## Your instructions
The count of lines with the string "nearest" in the material is all that should be returned.

## Working data
// `pinarewhemi fracture`: every figure of a job or of a drawing, by straight cuts or by pinwheels too, undivided or by a largest side. It
// prints what the job program prints.
use crate::chosen::refuse_figure;
use crate::lines::{ended, print_answer};
use crate::options::{Options, options_from};
use crate::sources::{DIVIDED_NUMBERS, figure_of, front, read_job, refuse_job};
use division::fracture_divided;
use fracture::{Denial, ENTRIES, Fractured, fracture, fracture_pinwheel};
use job::read::whole;
use job::{Header, MOST_BYTES};
use piece::Mode;
use preparation::lines::{print_job, print_refused};
use terminal::console::Console;
use terminal::host::Host;
use terminal::output::{Output, nothing_yet};
use terminal::status::Status;
use walking::figures::Figure;

// What became of one figure or of several: the output after their lines, and whether one was refused.
#[derive(Clone, Copy)]
struct Ran {
    out: Output,
    refused: bool,
}

// One figure, fractured as the options ask.
fn fracture_so(
    figure: &Figure,
    header: Header,
    options: Options,
    table: &mut [u32],
    list: &mut [u16],
) -> Result<Fractured, Denial> {
    let corners = figure.corners();
    let lengths = figure.lengths();
    let Header {
        threshold,
        weight,
        ..
    } = header;
    let mode = if options.pinwheels {
        Mode::Pinwheel
    } else {
        Mode::Straight
    };
    match (options.largest, mode) {
        (Some(largest), _) => fracture_divided(
            corners, lengths, threshold, weight, mode, largest, table, list,
        ),
        (None, Mode::Pinwheel) => {
            fracture_pinwheel(corners, lengths, threshold, weight, table, list)
        }
        (None, Mode::Straight) => fracture(corners, lengths, threshold, weight, table, list),
    }
}

// Figure k of the job, fractured and printed; a refusal is told in words.
fn run_figure(
    figure: &Figure,
    k: usize,
    header: Header,
    options: Options,
    table: &mut [u32],
    list: &mut [u16],
    out: Output,
) -> Ran {
    let answer = fracture_so(figure, header, options, table, list);
    if let Err(denial) = answer {
        refuse_figure(out.console.err, k, figure, denial.why);
    }
    Ran {
        out: print_answer(out, k, answer, list),
        refused: answer.is_err(),
    }
}

// A job that was accepted: each figure in turn, until a write fails.
fn run_accepted(
    console: Console,
    job: &[u8],
    header: Header,
    options: Options,
) -> Result<Status, Status> {
    let mut table = [0u32; ENTRIES];
    let mut list = [0u16; DIVIDED_NUMBERS];
    let mut out = print_job(nothing_yet(console), header.outlines);
    let mut refused = false;
    for k in 0..header.outlines as usize {
        let figure = figure_of(console.err, job, k)?;
        let ran = run_figure(&figure, k, header, options, &mut table, &mut list, out);
        out = ran.out;
        refused = refused || ran.refused;
        if out.failed {
            break;
        }
    }
    Ok(ended(out, refused))
}

// A job: refused in one line, and told in words, or run.
fn run(console: Console, job: &[u8], options: Options) -> Result<Status, Status> {
    match whole(job) {
        Ok(header) => run_accepted(console, job, header, options),
        Err(fault) => {
            refuse_job(console.err, job, fault);
            Ok(ended(print_refused(nothing_yet(console), fault), true))
        }
    }
}

// The subcommand: its file is word 2, and its options stand behind it.
pub fn fracture_words<H: Host>(host: &H, words: usize) -> Result<Status, Status> {
    let options = options_from(host, 3, words)?;
    let mut job = [0u8; MOST_BYTES + 1];
    let n = read_job(host, 2, &mut job)?;
    run(host.console(), front(&job, n), options)
}
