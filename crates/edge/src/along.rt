// The runs along an edge.
ghost use Rattle.std.specs.Prelude.{◌≡◌, ◌+◌, ◌*◌, ◌/◌, ◌≤◌, ◌<◌, length};
ghost use Rattle.figure.specs.Figure.{figure};
ghost use Rattle.figure.specs.Inside.{inside_at};
ghost use Rattle.figure.specs.Steps.{Right};
ghost use Rattle.shot.specs.Shot.{shots_in};
ghost use Rattle.edge.specs.Landing.{landing};
ghost use Rattle.edge.specs.Steps as step;

use crate::beside::number;
use crate::ending::landing_at;
use crate::numbered::{Span, other};
use crate::{Landed, Stretch};
use figure::{Axis, edges};

// Where a run ends, and where its stretches end up.
#[derive(Clone, Copy)]
pub struct Reach {
    pub to: u16,
    pub lands: Landed,
}

// Of a place and the nearest so far, the nearer one past k.
fn nearer(place: u16, k: u16, best: u16) -> u16
    requires { k < best }
    ensures { step.Nearer place k best result }
{
    if place <= k {
        return best;
    }
    if best <= place {
        return best;
    }
    place
}

// The nearest place along an axis past k, up to high, where a corner of a list lies. A shot list is a list of corners too: two for each
// shot. Over numbers: `along` takes a corner by its number and the axis.
fn next_place(list: &[u16], run: Axis, k: u16, high: u16) -> u16
    requires { k < high }
    ensures { step.Free run list.now (length list.now / 2) k high result }
{
    let count = list.len() / 2;
    let mut best = high;
    for i in 0..count {
        let place = edges::along(list, i, run);
        best = nearer(place.0, k, best);
    }
    best
}

// How far the stretches from one on end up as it does for sure: to the next corner of the figure, end of a shot, or end of the edge.
fn steady(corners: &[u16], lengths: &[u16], shots: &[u16], s: Stretch, high: u16) -> u16
    requires k_lt_high { s.k < high }
    requires right { Right (figure corners.now lengths.now) }
    requires solid { step.Solid s.axis (shots_in shots.now) }
    ensures { step.Steady (landing s.axis (inside_at (figure corners.now lengths.now)) (shots_in shots.now) s.at) s.k high result }
{
    let axis = s.axis;
    let run = other(axis);
    let near = next_place(corners, run, s.k, high);
    next_place(shots, run, s.k, near)
}

// The run that begins with a stretch: as far as the stretches end up alike, up to the end of the edge. No range counts these turns: how
// far one goes is found in it.
fn run_at(corners: &[u16], lengths: &[u16], shots: &[u16], s: Stretch, high: u16) -> Reach
    requires k_lt_high { s.k < high }
    requires right { Right (figure corners.now lengths.now) }
    requires solid { step.Solid s.axis (shots_in shots.now) }
    ensures { step.Whole (landing s.axis (inside_at (figure corners.now lengths.now)) (shots_in shots.now) s.at) s.k high result.to (step.shot_no result.lands.shot) (step.side_no (step.low_of s.axis) result.lands.side) }
{
    let axis = s.axis;
    let at = s.at;
    let first = landing_at(corners, lengths, shots, s);
    let mut to = steady(corners, lengths, shots, s, high);
    while to < high {
        let there = Stretch { axis, at, k: to };
        if landing_at(corners, lengths, shots, there) != first {
            return Reach { to, lands: first };
        }
        to = steady(corners, lengths, shots, there, high);
    }
    Reach { to, lands: first }
}

// How many runs there are from the low end of a span to its high end. Each begins where the one before it ends, which only that one
// tells: no range counts these turns.
pub fn count_runs(corners: &[u16], lengths: &[u16], shots: &[u16], span: Span) -> usize
    requires low_le_high { span.low ≤ span.high }
    requires right { Right (figure corners.now lengths.now) }
    requires solid { step.Solid span.axis (shots_in shots.now) }
    ensures { result ≡ step.run_count (landing span.axis (inside_at (figure corners.now lengths.now)) (shots_in shots.now) span.at) span.low span.high }
{
    let axis = span.axis;
    let at = span.at;
    let high = span.high;
    let mut k = span.low;
    let mut count = 0;
    while k < high {
        let run = run_at(corners, lengths, shots, Stretch { axis, at, k }, high);
        count += 1;
        k = run.to;
    }
    count
}

// Writes one run across an axis, four numbers from i on.
fn store(runs: &mut [usize], i: usize, axis: Axis, from: u16, run: Reach)
    requires { i + 4 ≤ length runs.old }
    ensures { runs.new ≡ step.put4 runs.old i from run.to (step.shot_no run.lands.shot) (step.side_no (step.low_of axis) run.lands.side) }
{
    let lands = run.lands;
    runs[i] = usize::from(from);
    runs[i + 1] = usize::from(run.to);
    runs[i + 2] = lands.shot.unwrap_or(0);
    runs[i + 3] = usize::from(number(axis, lands.side));
}

// Writes the runs of a span from its low end to its high end, from the front, and touches nothing beyond. As in `count_runs`, no range
// counts the turns.
pub fn write_runs(corners: &[u16], lengths: &[u16], shots: &[u16], span: Span, runs: &mut [usize])
    requires low_le_high { span.low ≤ span.high }
    requires right { Right (figure corners.now lengths.now) }
    requires solid { step.Solid span.axis (shots_in shots.now) }
    requires high_in_bounds { 4 * step.run_count (landing span.axis (inside_at (figure corners.now lengths.now)) (shots_in shots.now) span.at) span.low span.high ≤ length runs.old }
    ensures { runs.new ≡ step.runs_written (landing span.axis (inside_at (figure corners.now lengths.now)) (shots_in shots.now) span.at) span.low span.high runs.old }
{
    let axis = span.axis;
    let at = span.at;
    let high = span.high;
    let mut k = span.low;
    let mut i = 0;
    while k < high {
        let run = run_at(corners, lengths, shots, Stretch { axis, at, k }, high);
        store(runs, i, axis, k, run);
        i += 4;
        k = run.to;
    }
}
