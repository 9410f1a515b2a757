// One edge of a figure and the shots that it ends up on.
#![tactic(auto)]

ghost use Rattle.std.specs.Prelude.{◌≡◌};
ghost use Rattle.figure.specs.Figure.{figure};
ghost use Rattle.outline.specs.Promise.{answer_no, refusal};
ghost use Rattle.edge.specs.Promise.{edge_told, edge_walked};

use along::{count_runs, write_runs};
use figure::Axis;
use numbered::{next_corner, span_of};
use outline::{MOST_CELLS, MOST_LINES, draw};
use refusal::Refusal;
use shot::bad_shots;

mod along;
mod beside;
mod ending;
mod numbered;

// A stretch of 1 nm: at a place along an axis, from k to k + 1 along the other.
#[derive(Clone, Copy)]
pub struct Stretch {
    pub axis: Axis,
    pub at: u16,
    pub k: u16,
}

// A side of what a stretch lies on: the low one, left or bottom, or the high one, right or top.
#[derive(Clone, Copy, PartialEq, Eq)]
pub enum Side {
    Low,
    High,
}

// Where a stretch ends up: on which side of the figure, and on which shot, by its number from 1.
#[derive(Clone, Copy, PartialEq, Eq)]
pub struct Landed {
    pub shot: Option<usize>,
    pub side: Option<Side>,
}

// 2 to 5 of a figure. What is drawn on the way is not wanted here.
fn judge(corners: &[u16], lengths: &[u16]) -> Result<(), Refusal>
    ensures { answer_no result ≡ refusal (figure corners.now lengths.now) }
{
    let mut xs = [0u16; MOST_LINES];
    let mut ys = [0u16; MOST_LINES];
    let mut cells = [0u8; MOST_CELLS];
    draw(corners, lengths, &mut xs, &mut ys, &mut cells)?;
    Ok(())
}

// The runs of an edge, from its low end to its high end, and how many: four numbers each at the front of the buffer, from and to along
// the edge, the number of the shot that it ends up on, from 1, or 0 for none, and the side of the figure, 0 where there is no wall. The
// edge is numbered by the corner that it leaves, counted over all rings. Nothing is written beside a refusal.
pub fn edge_shots(
    corners: &[u16],
    lengths: &[u16],
    edge: usize,
    shots: &[u16],
    runs: &mut [usize],
) -> Result<usize, Refusal>
    ensures settled { edge_told result runs.new ≡ edge_walked (figure corners.now lengths.now) edge shots.now runs.old }
{
    judge(corners, lengths)?;
    if bad_shots(shots) {
        return Err(Refusal::Shots);
    }
    if corners.len() / 2 <= edge {
        return Err(Refusal::Edge);
    }
    let span = span_of(corners, edge, next_corner(corners, lengths, edge));
    let count = count_runs(corners, lengths, shots, span);
    if runs.len() / 4 < count {
        return Err(Refusal::Room);
    }
    write_runs(corners, lengths, shots, span, runs);
    Ok(count)
}
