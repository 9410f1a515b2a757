// `pinarewhemi pack` and `pinarewhemi list`: a text drawing into a job, and back again.
use crate::lines::ended;
use crate::sources::{MOST_TEXT, front, packed, refuse_job};
use drawing::list;
use job::MOST_BYTES;
use terminal::arguments::read_argument;
use terminal::console::Console;
use terminal::host::Host;
use terminal::output::{nothing_yet, print};
use terminal::status::Status;

// Packs the drawing that word 2 names, and writes the job.
pub fn pack_words<H: Host>(host: &H) -> Result<Status, Status> {
    let mut text = [0u8; MOST_TEXT + 1];
    let n = read_argument(host, b"pinarewhemi", 2, &mut text).map_err(|_| Status::Failed)?;
    let mut job = [0u8; MOST_BYTES];
    let bytes = packed(host, 2, &text[..n], &mut job)?;
    let written = print(nothing_yet(host.console()), front(&job, bytes));
    Ok(ended(written, false))
}

// A job, listed; one that is refused is told in words.
fn list_job(console: Console, job: &[u8]) -> Status {
    let listed = list(job, nothing_yet(console));
    if let Err(fault) = listed.checked {
        refuse_job(console.err, job, fault);
    }
    ended(listed.out, listed.checked.is_err())
}

// Lists the job that word 2 names. One byte more than the longest is read, so that a longer one shows.
pub fn list_words<H: Host>(host: &H) -> Result<Status, Status> {
    let mut job = [0u8; MOST_BYTES + 1];
    let n = read_argument(host, b"pinarewhemi", 2, &mut job).map_err(|_| Status::Failed)?;
    Ok(list_job(host.console(), &job[..n]))
}
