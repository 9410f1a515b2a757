// The job program as the kit builds it: it gives no status back, and ends with 0 whatever was refused or failed.
#![tactic(auto)]

fn main(rt: HostRuntime) {
    preparation::pw_prep(&rt);
}
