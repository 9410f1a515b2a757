// The squares beside a stretch, and the side of the figure that it lies on.
ghost use Rattle.std.specs.Prelude.{◌≡◌, ℕ, false, ◌/◌, ◌≤◌, ◌<◌, length};
ghost use Rattle.figure.specs.Figure.{figure, bad_figure};
ghost use Rattle.figure.specs.Inside.{inside_at};
ghost use Rattle.edge.specs.Landing.{facing};
ghost use Rattle.edge.specs.Steps as step;

use crate::{Side, Stretch};
use figure::Axis;

// Whether a span from low to high takes in the stretch from y to y + 1. (`outline::cells` has it of places: one line, for which `figure`,
// that both know, has no use.)
fn covers(low: u16, high: u16, y: u16) -> bool
    ensures { result ≡ step.spans low high y }
{
    low <= y && y < high
}

// Whether the edge from (a, b) to (c, d) is upright, at or left of x, and its span takes in the stretch from y to y + 1.
fn stands(a: u16, b: u16, c: u16, d: u16, x: u16, y: u16) -> bool
    ensures { result ≡ step.standing x y (step.link a b c d) }
{
    if a != c {
        return false;
    }
    if x < c {
        return false;
    }
    if b <= d {
        return covers(b, d, y);
    }
    covers(d, b, y)
}

// One thing more that turns inside to outside, and outside to inside, if it does.
fn turned(inside: bool, hit: bool) -> bool
    ensures { result ≡ step.turned inside hit }
{
    inside != hit
}

// Whether a ring holds the unit square at (x, y), by the odd count. The first edge is the closing one. Over numbers: each corner is read
// with the one before it, and the first with the last.
fn ring_holds(ring: &[u16], x: u16, y: u16) -> bool
    requires { 0 < length ring.now / 2 }
    ensures { result ≡ step.ring_holds ring.now x y }
{
    let count = ring.len() / 2;
    let mut inside = false;
    let mut start = count - 1;
    for end in 0..count {
        let from = 2 * start;
        let to = 2 * end;
        let hit = stands(ring[from], ring[from + 1], ring[to], ring[to + 1], x, y);
        inside = turned(inside, hit);
        start = end;
    }
    inside
}

// Whether the unit square at (x, y) is inside: an odd number of rings hold it.
fn inside_at(corners: &[u16], lengths: &[u16], x: u16, y: u16) -> bool
    requires { bad_figure (figure corners.now lengths.now) ≡ false }
    ensures { result ≡ inside_at (figure corners.now lengths.now) x y }
{
    let mut inside = false;
    let mut from: usize = 0;
    for &length in lengths {
        let to = from + 2 * usize::from(length);
        let hit = ring_holds(&corners[from..to], x, y);
        inside = turned(inside, hit);
        from = to;
    }
    inside
}

// Whether the square at p along an axis and k along the other is inside.
fn seen(corners: &[u16], lengths: &[u16], axis: Axis, p: u16, k: u16) -> bool
    requires { bad_figure (figure corners.now lengths.now) ≡ false }
    ensures { result ≡ step.seen_by axis (figure corners.now lengths.now) p k }
{
    match axis {
        Axis::X => inside_at(corners, lengths, p, k),
        Axis::Y => inside_at(corners, lengths, k, p),
    }
}

// Whether the square on the low side of a stretch is inside; left of 0 and below 0 there is none.
fn beneath(corners: &[u16], lengths: &[u16], s: Stretch) -> bool
    requires { bad_figure (figure corners.now lengths.now) ≡ false }
    ensures { result ≡ step.beneath_by s.axis (figure corners.now lengths.now) s.at s.k }
{
    let axis = s.axis;
    let at = s.at;
    if at == 0 {
        return false;
    }
    seen(corners, lengths, axis, at - 1, s.k)
}

// The number of the low side, left or bottom; the high one has the next.
fn low_side(axis: Axis) -> u8
    ensures { result ≡ step.low_of axis }
{
    match axis {
        Axis::X => 1,
        Axis::Y => 3,
    }
}

// The number that a run is written with for a side: 0 for none.
pub fn number(axis: Axis, side: Option<Side>) -> u8
    ensures { result ≡ step.side_no (step.low_of axis) side }
{
    match side {
        None => 0,
        Some(Side::Low) => low_side(axis),
        Some(Side::High) => low_side(axis) + 1,
    }
}

// The side by the two squares beside a stretch.
fn face(beyond: bool, beneath: bool) -> Option<Side>
    ensures { (low : ℕ) → step.side_no low result ≡ step.face_of beyond beneath low }
{
    if beyond {
        if beneath {
            return None;
        }
        return Some(Side::Low);
    }
    if beneath {
        return Some(Side::High);
    }
    None
}

// The side of the figure that a stretch lies on.
pub fn side_at(corners: &[u16], lengths: &[u16], s: Stretch) -> Option<Side>
    requires { bad_figure (figure corners.now lengths.now) ≡ false }
    ensures { step.side_no (step.low_of s.axis) result ≡ facing s.axis (inside_at (figure corners.now lengths.now)) s.at s.k }
{
    let high = seen(corners, lengths, s.axis, s.at, s.k);
    let low = beneath(corners, lengths, s);
    face(high, low)
}
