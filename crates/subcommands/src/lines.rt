// Lines of the subcommands, and how they end.
use fracture::{Denial, Fractured};
use preparation::lines::print_listed_outline;
use terminal::arguments::number_argument;
use terminal::errors::{complain, complain_of};
use terminal::host::Host;
use terminal::output::{Output, finish};
use terminal::status::Status;

// The lines of outline k, as the job program prints them, where the list holds its shots, as every fracture sees to.
pub fn print_answer(
    out: Output,
    k: usize,
    answer: Result<Fractured, Denial>,
    list: &[u16],
) -> Output {
    match answer {
        Ok(done) if list.len() < 4 * (done.shots as usize) => out,
        Ok(done) => print_listed_outline(out, k, Ok(done), list),
        Err(denial) => print_listed_outline(out, k, Err(denial), list),
    }
}

// Writes the last of the output, and gives the status.
pub fn ended(out: Output, refused: bool) -> Status {
    if !finish(out) {
        return complain(out.console.err, b"pinarewhemi: writing failed\n");
    }
    if refused {
        return Status::Refused;
    }
    Status::Done
}

// The number of a figure that a word says; or the status where it says none, or the job has none of it, which was told.
pub fn figure_number<H: Host>(host: &H, i: usize, outlines: u32) -> Result<usize, Status> {
    let err = host.console().err;
    let Some(k) = number_argument(host, i) else {
        return Err(complain(
            err,
            b"pinarewhemi: the number of a figure is wanted, from 0\n",
        ));
    };
    if outlines as usize <= k {
        return Err(complain_of(
            err,
            b"pinarewhemi: no figure ",
            k as u64,
            b": the job has ",
            u64::from(outlines),
            b", numbered from 0\n",
        ));
    }
    Ok(k)
}
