// What people do with figures, a subcommand for each; `pinarewhemi --help` lists them.
#![tactic(auto)]

mod chosen;
mod elements;
mod fracturing;
mod help;
mod lines;
mod offsets;
mod options;
mod packing;
mod pictures;
mod salvages;
mod sources;
mod texts;

use elements::element_words;
use fracturing::fracture_words;
use help::{complain_of_words, complain_unknown, print_help, print_version};
use offsets::offset_words;
use packing::{list_words, pack_words};
use pictures::picture_words;
use salvages::salvage_words;
use terminal::arguments::is_argument;
use terminal::host::Host;
use terminal::status::Status;
use texts::text_words;
use walking::walk_within;

// The subcommands.
#[derive(Clone, Copy, PartialEq, Eq)]
pub enum Subcommand {
    Fracture,
    Picture,
    Walk,
    Pack,
    List,
    Cif,
    Gdsii,
    Index,
    Salvage,
    Help,
    Version,
}

impl Subcommand {
    // The subcommand of a word; none where there is none of that name.
    fn named(word: &[u8]) -> Option<Subcommand> {
        match word {
            b"fracture" => Some(Subcommand::Fracture),
            b"picture" => Some(Subcommand::Picture),
            b"walk" => Some(Subcommand::Walk),
            b"pack" => Some(Subcommand::Pack),
            b"list" => Some(Subcommand::List),
            b"cif" => Some(Subcommand::Cif),
            b"gdsii" => Some(Subcommand::Gdsii),
            b"index" => Some(Subcommand::Index),
            b"salvage" => Some(Subcommand::Salvage),
            b"--help" | b"-h" | b"help" => Some(Subcommand::Help),
            b"--version" => Some(Subcommand::Version),
            _ => None,
        }
    }

    // Whether it takes so many words, its own name and the program's among them.
    fn takes(self, words: usize) -> bool {
        match self {
            Subcommand::Fracture => 3 <= words,
            Subcommand::Picture => 4 <= words,
            Subcommand::Cif => words == 4,
            Subcommand::Pack | Subcommand::List | Subcommand::Gdsii | Subcommand::Index => {
                words == 3
            }
            Subcommand::Salvage => words <= 3,
            Subcommand::Walk | Subcommand::Help | Subcommand::Version => true,
        }
    }

    // Its run: the status, or that of what stopped it, which was told.
    fn run<H: Host>(self, host: &H, words: usize) -> Result<Status, Status> {
        match self {
            Subcommand::Fracture => fracture_words(host, words),
            Subcommand::Picture => picture_words(host, words),
            Subcommand::Walk => Ok(walk_within(host)),
            Subcommand::Pack => pack_words(host),
            Subcommand::List => list_words(host),
            Subcommand::Cif => text_words(host),
            Subcommand::Gdsii => element_words(host),
            Subcommand::Index => offset_words(host),
            Subcommand::Salvage => salvage_words(host, words),
            Subcommand::Version => Ok(print_version(host.console())),
            Subcommand::Help => Ok(print_help(host.console(), self)),
        }
    }
}

// The subcommand that word 1 names.
fn named<H: Host>(host: &H) -> Option<Subcommand> {
    let mut word = [0u8; 16];
    let length = host.word(1, &mut word)?;
    Subcommand::named(&word[..length])
}

// The whole run, with its status.
pub fn pw_pinarewhemi<H: Host>(host: &H) -> Status {
    let console = host.console();
    let words = host.word_count();
    if words < 2 {
        return print_help(console, Subcommand::Help);
    }
    let Some(which) = named(host) else {
        return complain_unknown(console.err);
    };
    if is_argument(host, 2, b"--help") {
        return print_help(console, which);
    }
    if !which.takes(words) {
        return complain_of_words(console.err);
    }
    match which.run(host, words) {
        Ok(status) | Err(status) => status,
    }
}
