// `pinarewhemi picture`: a figure and its shots as a drawing in SVG.
use crate::chosen::{Chosen, choose, refuse_figure};
use crate::lines::ended;
use crate::options::options_from;
use picture::draw_picture;
use picture::scene::{Figure, Manner};
use terminal::arguments::argument;
use terminal::console::Console;
use terminal::errors::complain;
use terminal::host::Host;
use terminal::output::nothing_yet;
use terminal::status::Status;

// A figure of the file of this name, drawn; or told in words where it is refused.
fn run(console: Console, name: &[u8], chosen: Chosen, pinwheels: bool) -> Status {
    let drawn = Figure {
        name,
        number: chosen.k as u64,
        corners: chosen.figure.corners(),
        lengths: chosen.figure.lengths(),
    };
    let manner = Manner {
        threshold: chosen.header.threshold,
        weight: chosen.header.weight,
        pinwheels,
    };
    let mut out = nothing_yet(console);
    match draw_picture(drawn, manner, &mut out) {
        Ok(()) => ended(out, false),
        Err(why) => refuse_figure(console.err, chosen.k, &chosen.figure, why),
    }
}

// The subcommand: words 2 and 3 name the figure, and its options stand behind them. A divided list is not drawn.
pub fn picture_words<H: Host>(host: &H, words: usize) -> Result<Status, Status> {
    let console = host.console();
    let options = options_from(host, 4, words)?;
    if options.largest.is_some() {
        return Err(complain(console.err, b"pinarewhemi: a picture has no largest side\n"));
    }
    let chosen = choose(host)?;
    let mut path = io::buffer();
    let length = argument(host, 2, &mut path);
    Ok(run(console, &path[..length], chosen, options.pinwheels))
}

## Finished exercise
2